Schritt fuer Schritt alle Module eingefuehrt

Auch komplexere Planungs- und Abrechnungssysteme wie etwa die Grenzplankostenrechnung und neuere Anforderungen wie die Prozesskostenrechnung lassen sich mit der GBS-Kostenrechnung umsetzen. Besonders wichtig fuer Tochterunternehmen auslaendischer Muttergesellschaften wie die VCL: Das System beinhaltet Funktionen fuer die Konzernabwicklung, Fremdwaehrungsbuchhaltung sowie das Berichtswesen nach den EG- und US-Steuervorschriften.

Schritt fuer Schritt hat VCL saemtliche Module eingefuehrt. Die entscheidende Vorgabe an die GBS wie auch an die Lieferanten der parallel eingefuehrten Auftragsabwicklung (GE2000 - Geschaeft 2000 der Firma Schoenenberg) war die automatische Uebergabe der Daten aus der alten, selbstgestrickten Auftragsabwicklung, um die Doppelerfassung von Daten zu vermeiden. Eine Anforderung, die problemlos erfuellt wurde.

Nach der Einfuehrung der neuen Software verringerte sich der Buchungsaufwand im Hause VCL drastisch. Mit der Folge, dass die Zahl der Arbeitsplaetze in der Buchhaltung mehr als halbiert wurde: Gab es vor der Software-Einfuehrung 15 Mitarbeiter im Rechnungswesen, sind es heute nur noch sieben - bei wesentlich groesserer Quantitaet und Qualitaet des Outputs. Monat fuer Monat erarbeitet das kleine Team einen fuenf Zentimeter hohen Stapel an Berichten und Auswertungen: drei Bilanzen und drei Gewinn-und- Verlust-Rechnungen nach deutschem und/oder amerikanischem Recht; Konsolidierungen; Altersstrukturanalysen der Forderungen; Kostentraeger- und Kostenstellenberichte, sowohl in der Zeitreihe als auch kumuliert, mit Budget- und Vorjahresvergleich. Alles versandfertig, nur fuenf Tage nach Monatsende - fuer die Mutter in den USA.

Pruefungsgebuehren konnten halbiert werden

Die Steigerung der Berichtsqualitaet war vor allem deshalb moeglich, weil sich im neuen System jeder Sachverhalt mit einer einzigen Buchung vollstaendig, also mit Konto, Kostenstelle und Kostentraeger, abbilden laesst. Erleichternd kommt hinzu, dass Berichte und Berichtsfluss so aufgebaut werden koennen, dass sich jede Zahl ohne grossen Aufwand bis zum Urbeleg zurueckverfolgen laesst, was den Kontrollaufwand insbesondere bei Unstimmigkeiten enorm reduziert.

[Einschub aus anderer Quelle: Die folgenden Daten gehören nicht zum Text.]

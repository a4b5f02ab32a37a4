ghost use Rattle.std.specs.Prelude.{◌≡◌};
ghost use Rattle.definitions.specs.Combine.{simply, defining, combining};

use crate::draft::{Draft, LimitReached};
use crate::operand::{CAPACITY, Definition, DefinitionNumber, Operand, Operator};
use rack::find::find_first;

/// The operand that needs no definition, if there is one: the constants give way, and two equal operands are one.
fn simple(operator: Operator, first: Operand, second: Operand) -> Option<Operand>
    ensures { result ≡ simply operator first second }
{
    match (operator, first, second) {
        (Operator::Meet, Operand::Never, _) | (Operator::Meet, _, Operand::Never) => Some(
            Operand::Never,
        ),
        (Operator::Meet, Operand::Always, x) | (Operator::Meet, x, Operand::Always) => Some(x),
        (Operator::Join, Operand::Always, _) | (Operator::Join, _, Operand::Always) => Some(
            Operand::Always,
        ),
        (Operator::Join, Operand::Never, x) | (Operator::Join, x, Operand::Never) => Some(x),
        (_, first, second) if first == second => Some(first),
        _ => None,
    }
}

impl Draft<'_> {
    ghost use Rattle.definitions.specs.Writing.{Wrote};

    /// The number of an alike definition, or else the next number. Refuses that number where the limit is reached.
    fn define(&mut self, definition: Definition) -> Result<Operand, LimitReached>
        ensures { Wrote self.old self.new result (defining self.old.limit definition) }
    {
        let n = self.count.min(CAPACITY);
        let slots = &self.slots[..];
        match find_first(&slots[..n], &definition) {
            Some(i) => Ok(Operand::Defined(DefinitionNumber((i + 1) as u16))),
            None => {
                if n >= self.limit.min(CAPACITY) {
                    return Err(LimitReached);
                }
                self.slots[n] = definition;
                self.count = n + 1;
                Ok(Operand::Defined(DefinitionNumber((n + 1) as u16)))
            }
        }
    }

    /// The operand of a meet or join of two operands, by the rules in their order; what is written goes behind the first `count`
    /// definitions. Refuses a new definition where the limit is reached; a limit above 4,096 counts as 4,096.
    pub fn combine(
        &mut self,
        operator: Operator,
        first: Operand,
        second: Operand,
    ) -> Result<Operand, LimitReached>
        ensures { Wrote self.old self.new result (combining self.old.limit operator first second) }
    {
        if let Some(operand) = simple(operator, first, second) {
            return Ok(operand);
        }
        let definition = Definition {
            operator,
            first,
            second,
        };
        self.define(definition)
    }
}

Zudem hat der jeweilige Abteilungsleiter auf dem Urbeleg sowohl Kostenstellen als auch Kostentraeger fuer die jeweiligen Betraege eingetragen.

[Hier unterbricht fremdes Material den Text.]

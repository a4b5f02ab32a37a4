ghost use Rattle.std.specs.Prelude.{◌≡◌};
ghost use Rattle.std.proofs.Common.{rules};
ghost use Rattle.definitions.specs.Operands.{kind, number, code, reach, operand_of};

use rack::find::Exact;
use rack::part::{Literal, Part, Sign};

/// The most definitions that a script holds.
pub const CAPACITY: usize = 4096;

/// The number of a definition in its script, from 1.
#[derive(Clone, Copy, PartialEq, Eq)]
pub struct DefinitionNumber(pub u16);

/// How a definition joins its two operands.
#[derive(Clone, Copy, PartialEq, Eq)]
pub enum Operator {
    Meet,
    Join,
}

impl From<Operator> for u8 {
    ghost from_gives = { λ o c. c ≡ code o };

    /// The code of an operator, as a line writes it.
    fn from(operator: Operator) -> u8 {
        operator as u8
    }
}

/// What a definition is made of, and what a translation answers.
#[derive(Clone, Copy, PartialEq, Eq)]
pub enum Operand {
    Never,
    Always,
    Works(Part),
    Out(Part),
    Defined(DefinitionNumber),
}

impl Operand {
    /// How many definitions the operand needs: its number where it is a definition, and otherwise 0.
    pub fn reach(self) -> u16
        ensures { result ≡ reach self }
    {
        match self {
            Operand::Defined(number) => number.0,
            _ => 0,
        }
    }

    /// The operand's kind, as a line writes it.
    // Kept: kind and number are methods, since a line writes both, and a `From` could give but one of them.
    pub fn kind(self) -> u8
        ensures { result ≡ kind self }
    {
        match self {
            Operand::Never => 0,
            Operand::Always => 1,
            Operand::Works(_) => 2,
            Operand::Out(_) => 3,
            Operand::Defined(_) => 4,
        }
    }

    /// The operand's number, as a line writes it: of its part or of its definition, and 0 for a constant.
    pub fn number(self) -> u16
        ensures { result ≡ number self }
    {
        match self {
            Operand::Never | Operand::Always => 0,
            Operand::Works(part) | Operand::Out(part) => u16::from(part.0),
            Operand::Defined(number) => number.0,
        }
    }
}

impl From<Literal> for Operand {
    ghost from_gives = { λ l x. x ≡ operand_of l };

    /// The operand of a literal: its part, which works or is out.
    fn from(literal: Literal) -> Operand {
        match literal.sign {
            Sign::Works => Operand::Works(literal.part),
            Sign::Out => Operand::Out(literal.part),
        }
    }
}

/// The meet or join of two earlier things.
#[derive(Clone, Copy, PartialEq, Eq)]
pub struct Definition {
    pub operator: Operator,
    pub first: Operand,
    pub second: Operand,
}

impl Definition {
    /// What stands in a slot that holds no definition yet.
    pub const BLANK: Definition = Definition {
        operator: Operator::Meet,
        first: Operand::Never,
        second: Operand::Never,
    };
}

impl Exact for Operand {
    ghost exact = { Prim.search rules };
}

impl Exact for Definition {
    ghost use Rattle.definitions.specs.Exact.{exact_by_parts};

    ghost exact = { exact_by_parts ⟦<Operator as PartialEq>⟧.eq ⟦<Operand as PartialEq>⟧.eq (Prim.search rules) (Prim.search rules) };
}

Stark abgenommen hat offenkundig die Belastung der Buchhaltungsmitarbeiter hinsichtlich der Erteilung von Auskuenften fuer die jaehrliche Wirtschaftspruefung, waehrend sich gleichzeitig die Pruefungsgeschwindigkeit dank uebersichtlicher und klar strukturierter Daten erhoehte. "So konnten wir auch noch die Pruefungsgebuehren halbieren", freut sich Bussjaeger. Tabellenkalkulationen, frueher von zahlreichen Mitarbeitern als Unterbuchhaltungen gefuehrt, werden heute als Ergaenzung von lediglich einer Mitarbeiterin erledigt. Und obwohl die Personalreduzierung besonders stark die Debitorenbuchhaltung betraf, findet eine detailliertere Kundenueberwachung und Kreditlimitpflege statt als frueher.

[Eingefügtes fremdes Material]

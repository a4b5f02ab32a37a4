ghost use Rattle.std.specs.Prelude.{◌≡◌, length};

use crate::operand::Definition;
use rack::refusal::Refusal;

/// Definitions under writing, in slots that are lent: the first `count` slots hold one each, and what is written goes behind them while
/// the limit allows it. A count or a limit above 4,096 counts as 4,096.
// Kept: slots and a count, since the libraries use no heap.
#[derive(Drop)]
pub struct Draft<'a> {
    pub slots: &'a mut [Definition; 4096],
    pub count: usize,
    pub limit: usize,
    ghost room: { length slots.now ≡ 4096 },
}

impl<'a> Draft<'a> {
    /// A draft of the first `count` definitions in the slots.
    pub fn new(slots: &'a mut [Definition; 4096], count: usize, limit: usize) -> Draft<'a>
        ensures slots { result.slots.now ≡ slots.old }
        ensures lender { result.slots.ghost_name ≡ slots.entry.ghost_name }
        ensures count { result.count ≡ count }
        ensures limit { result.limit ≡ limit }
    {
        Draft {
            slots,
            count,
            limit,
        }
    }
}

/// A new definition is due and the limit is reached.
#[derive(Clone, Copy, PartialEq, Eq)]
pub struct LimitReached;

impl From<LimitReached> for Refusal {
    ghost use Rattle.std.specs.Prelude.{◌≡◌};
    ghost use Rattle.rack.specs.declared.refusal.Refusal.TheVariants as refusal;

    ghost from_gives = { λ _ r. r ≡ refusal.LimitReached };

    fn from(_full: LimitReached) -> Refusal {
        Refusal::LimitReached
    }
}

Mittels Schulungen will man bei VCL den Umgang der Benutzer mit dem von GBS eingesetzten Datenbanksystem "Progress" verbessern und die Anwendungen im Bereich Debitoren ausweiten. Ziel: mehr Informationen ueber Kunden und in Verbindung mit der Auftragsabwicklung eine noch feinere Steuerung der Auslieferungen. Ausserdem sollen die Lohn- und Gehaltsdaten von der Datev automatisch uebertragen und verbucht werden. Des weiteren will man das gesamte Filmvermoegen in die GBS-Anlagenbuchhaltung uebertragen und zwar zur punktgenauen Filmabschreibung und automatischen Verbuchung.

* Heidrun Haug ist Fachjournalistin in Tuebingen.